>>

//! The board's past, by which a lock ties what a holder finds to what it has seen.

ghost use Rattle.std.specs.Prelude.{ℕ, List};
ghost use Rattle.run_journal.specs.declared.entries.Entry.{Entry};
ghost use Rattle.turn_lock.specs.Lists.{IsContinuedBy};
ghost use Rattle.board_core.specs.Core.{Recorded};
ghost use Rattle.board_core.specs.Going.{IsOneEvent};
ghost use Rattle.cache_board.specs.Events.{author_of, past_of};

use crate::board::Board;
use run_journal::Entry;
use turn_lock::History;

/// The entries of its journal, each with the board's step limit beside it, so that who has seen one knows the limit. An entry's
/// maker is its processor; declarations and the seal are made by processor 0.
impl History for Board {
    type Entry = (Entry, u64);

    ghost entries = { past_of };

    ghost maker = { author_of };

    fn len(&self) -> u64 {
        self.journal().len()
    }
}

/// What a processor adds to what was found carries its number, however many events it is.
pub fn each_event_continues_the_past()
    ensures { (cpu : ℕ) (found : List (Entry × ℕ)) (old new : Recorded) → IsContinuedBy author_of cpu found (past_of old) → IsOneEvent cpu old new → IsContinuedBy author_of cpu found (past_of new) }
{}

<<
>>

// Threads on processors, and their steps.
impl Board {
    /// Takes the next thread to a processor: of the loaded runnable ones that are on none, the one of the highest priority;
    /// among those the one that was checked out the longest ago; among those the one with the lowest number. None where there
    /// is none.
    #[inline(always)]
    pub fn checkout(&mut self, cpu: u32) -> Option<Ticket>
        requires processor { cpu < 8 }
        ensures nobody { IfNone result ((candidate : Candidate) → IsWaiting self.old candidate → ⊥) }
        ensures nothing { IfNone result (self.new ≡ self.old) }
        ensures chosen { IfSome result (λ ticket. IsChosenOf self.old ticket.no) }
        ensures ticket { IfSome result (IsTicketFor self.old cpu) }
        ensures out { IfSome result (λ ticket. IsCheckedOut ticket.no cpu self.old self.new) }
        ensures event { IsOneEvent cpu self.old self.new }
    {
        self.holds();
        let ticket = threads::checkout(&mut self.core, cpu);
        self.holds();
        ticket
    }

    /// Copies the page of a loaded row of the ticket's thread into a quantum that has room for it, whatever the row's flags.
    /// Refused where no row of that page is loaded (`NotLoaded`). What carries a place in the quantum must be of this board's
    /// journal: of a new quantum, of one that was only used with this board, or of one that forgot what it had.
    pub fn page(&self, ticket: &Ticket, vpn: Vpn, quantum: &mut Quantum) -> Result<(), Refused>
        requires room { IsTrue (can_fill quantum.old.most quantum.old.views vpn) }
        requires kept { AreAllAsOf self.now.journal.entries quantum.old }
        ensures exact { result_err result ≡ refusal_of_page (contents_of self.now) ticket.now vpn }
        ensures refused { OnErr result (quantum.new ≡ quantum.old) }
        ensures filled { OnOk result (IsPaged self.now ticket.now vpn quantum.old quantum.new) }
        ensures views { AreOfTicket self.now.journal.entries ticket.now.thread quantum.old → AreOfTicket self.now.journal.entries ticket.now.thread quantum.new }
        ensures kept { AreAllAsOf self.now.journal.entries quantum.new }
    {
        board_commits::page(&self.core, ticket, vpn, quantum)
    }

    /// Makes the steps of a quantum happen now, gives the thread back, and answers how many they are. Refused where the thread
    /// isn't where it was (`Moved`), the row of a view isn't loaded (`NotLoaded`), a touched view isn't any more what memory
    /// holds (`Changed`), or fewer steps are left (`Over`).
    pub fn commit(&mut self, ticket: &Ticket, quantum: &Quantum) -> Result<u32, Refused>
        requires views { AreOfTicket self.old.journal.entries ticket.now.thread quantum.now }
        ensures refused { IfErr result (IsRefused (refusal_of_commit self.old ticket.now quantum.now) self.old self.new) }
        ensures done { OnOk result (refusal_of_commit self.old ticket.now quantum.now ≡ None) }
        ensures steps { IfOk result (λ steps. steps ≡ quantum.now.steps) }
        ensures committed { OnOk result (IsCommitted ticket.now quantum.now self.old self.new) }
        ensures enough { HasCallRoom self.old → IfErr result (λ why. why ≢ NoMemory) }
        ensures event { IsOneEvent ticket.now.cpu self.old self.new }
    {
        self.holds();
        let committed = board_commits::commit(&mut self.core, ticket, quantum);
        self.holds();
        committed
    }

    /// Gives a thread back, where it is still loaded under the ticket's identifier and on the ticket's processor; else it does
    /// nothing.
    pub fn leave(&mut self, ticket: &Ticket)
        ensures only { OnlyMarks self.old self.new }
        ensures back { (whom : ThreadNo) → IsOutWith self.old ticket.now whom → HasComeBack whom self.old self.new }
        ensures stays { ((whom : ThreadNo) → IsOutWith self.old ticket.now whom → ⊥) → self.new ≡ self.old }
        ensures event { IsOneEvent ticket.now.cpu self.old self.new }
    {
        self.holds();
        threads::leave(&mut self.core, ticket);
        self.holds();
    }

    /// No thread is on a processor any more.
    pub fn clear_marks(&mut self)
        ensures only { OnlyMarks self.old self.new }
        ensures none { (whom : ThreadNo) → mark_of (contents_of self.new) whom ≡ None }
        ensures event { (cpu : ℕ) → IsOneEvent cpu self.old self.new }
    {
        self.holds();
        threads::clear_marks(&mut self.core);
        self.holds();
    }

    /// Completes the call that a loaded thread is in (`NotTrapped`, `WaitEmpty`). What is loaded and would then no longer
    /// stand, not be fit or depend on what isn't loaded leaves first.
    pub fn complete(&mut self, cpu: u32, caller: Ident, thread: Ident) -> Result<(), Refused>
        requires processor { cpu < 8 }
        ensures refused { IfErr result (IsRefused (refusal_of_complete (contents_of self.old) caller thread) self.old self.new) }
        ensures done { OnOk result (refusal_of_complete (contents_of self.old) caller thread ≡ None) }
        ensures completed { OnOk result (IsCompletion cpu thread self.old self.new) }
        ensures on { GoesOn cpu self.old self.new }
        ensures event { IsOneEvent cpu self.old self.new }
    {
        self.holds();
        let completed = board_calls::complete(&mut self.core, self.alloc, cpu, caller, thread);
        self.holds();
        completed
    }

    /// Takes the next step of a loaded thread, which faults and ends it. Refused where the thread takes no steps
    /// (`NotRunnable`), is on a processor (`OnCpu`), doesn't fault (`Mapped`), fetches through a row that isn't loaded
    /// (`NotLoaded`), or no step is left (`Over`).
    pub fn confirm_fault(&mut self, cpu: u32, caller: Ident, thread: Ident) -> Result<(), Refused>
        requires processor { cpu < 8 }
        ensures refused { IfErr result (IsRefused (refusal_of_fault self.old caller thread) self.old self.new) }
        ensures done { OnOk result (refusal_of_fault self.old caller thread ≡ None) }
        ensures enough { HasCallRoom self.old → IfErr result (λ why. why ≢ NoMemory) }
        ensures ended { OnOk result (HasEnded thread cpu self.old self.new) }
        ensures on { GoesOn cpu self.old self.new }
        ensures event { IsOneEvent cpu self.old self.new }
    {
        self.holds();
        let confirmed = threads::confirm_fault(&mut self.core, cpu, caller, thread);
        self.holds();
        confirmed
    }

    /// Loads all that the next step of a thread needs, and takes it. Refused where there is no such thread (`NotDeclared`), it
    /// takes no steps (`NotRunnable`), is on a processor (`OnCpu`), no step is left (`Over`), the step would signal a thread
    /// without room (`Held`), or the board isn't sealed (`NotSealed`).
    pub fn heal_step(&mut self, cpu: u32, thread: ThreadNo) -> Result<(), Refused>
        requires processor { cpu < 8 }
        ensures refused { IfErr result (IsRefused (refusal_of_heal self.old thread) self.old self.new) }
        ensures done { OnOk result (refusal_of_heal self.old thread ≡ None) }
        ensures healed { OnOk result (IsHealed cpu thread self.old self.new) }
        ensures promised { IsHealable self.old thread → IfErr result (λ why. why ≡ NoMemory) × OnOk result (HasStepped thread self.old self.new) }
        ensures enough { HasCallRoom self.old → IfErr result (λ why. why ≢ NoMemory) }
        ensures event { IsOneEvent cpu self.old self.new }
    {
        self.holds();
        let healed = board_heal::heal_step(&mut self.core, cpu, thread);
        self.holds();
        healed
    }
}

<<

**WHAT TO DO:** Taking the records above, retype every line from the one with "it has seen." down to the one with "limit. An entry's", exactly and with nothing else.

**EXERCISE RESULT:**
//! The board's past, by which a lock ties what a holder finds to what it has seen.

ghost use Rattle.std.specs.Prelude.{ℕ, List};
ghost use Rattle.run_journal.specs.declared.entries.Entry.{Entry};
ghost use Rattle.turn_lock.specs.Lists.{IsContinuedBy};
ghost use Rattle.board_core.specs.Core.{Recorded};
ghost use Rattle.board_core.specs.Going.{IsOneEvent};
ghost use Rattle.cache_board.specs.Events.{author_of, past_of};

use crate::board::Board;
use run_journal::Entry;
use turn_lock::History;

/// The entries of its journal, each with the board's step limit beside it, so that who has seen one knows the limit. An entry's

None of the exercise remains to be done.